#### YOUR ASSIGNMENT
Which lines in the listing below contain the word "text"? Copy each one.

#### SOURCE DATA
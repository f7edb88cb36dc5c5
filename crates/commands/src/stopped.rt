//! The threads of a recording that stopped at `--steps`.

ghost use Rattle.std.specs.Prelude.{◌≡◌, ◌∷◌, ◌++◌, IfOk, OnOk, flat_map, string_bytes};
ghost use Rattle.std.specs.Fmt.{decimal};
ghost use Rattle.commands.specs.Records.{has_stopped, is_running, stopped_from, stopped_line};

use replica::End;
use std::alloc::Global;
use std::fmt::Write;
use wasm_record::ThreadLog;
use wasm_types::{NoMemory, Outcome};

fn is_running(outcome: &Outcome) -> bool
    ensures { result ≡ is_running outcome.now }
{
    matches!(outcome, Outcome::Running)
}

/// Whether a thread has steps left when it has made as many as it may.
fn has_stopped(most: u32, end: &End) -> bool
    ensures { result ≡ has_stopped most end.now }
{
    is_running(&end.outcome) && end.steps >= most
}

/// The threads that have steps left when they have made as many as they may, which are numbered by their place.
fn stopped_threads(alloc: Global, most: u32, threads: &[ThreadLog]) -> Result<Vec<usize>, NoMemory>
    ensures { IfOk result (λ stopped. stopped.items ≡ stopped_from most 0 threads.now) }
{
    let mut stopped = Vec::new(alloc);
    for thread in 0..threads.len() {
        if has_stopped(most, &threads[thread].end()) {
            stopped.push(thread)?;
        }
    }
    Ok(stopped)
}

/// Puts the numbers of threads behind a text, each after a space.
fn put_threads(text: &mut String, threads: &[usize]) -> Result<(), NoMemory>
    ensures { OnOk result (string_bytes text.new ≡ string_bytes text.old ++ flat_map (λ t. 32 ∷ decimal t) threads.now) }
{
    for thread in threads {
        write!(text, " {thread}")?;
    }
    Ok(())
}

/// A line of the threads that stopped at `--steps`, the most steps that each might make; empty where there are none.
pub(crate) fn stopped_line(
    alloc: Global,
    most: u32,
    threads: &[ThreadLog],
) -> Result<String, NoMemory>
    ensures { IfOk result (λ line. string_bytes line ≡ stopped_line most (stopped_from most 0 threads.now)) }
{
    let stopped = stopped_threads(alloc, most, threads)?;
    if stopped.is_empty() {
        return Ok(String::new(alloc));
    }
    let mut line = format!(in alloc; "threads stopped at --steps {most}:")?;
    put_threads(&mut line, &stopped)?;
    line.push_str("\n")?;
    Ok(line)
}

#### OUTPUT
/// Puts the numbers of threads behind a text, each after a space.
fn put_threads(text: &mut String, threads: &[usize]) -> Result<(), NoMemory>
    ensures { OnOk result (string_bytes text.new ≡ string_bytes text.old ++ flat_map (λ t. 32 ∷ decimal t) threads.now) }
        write!(text, " {thread}")?;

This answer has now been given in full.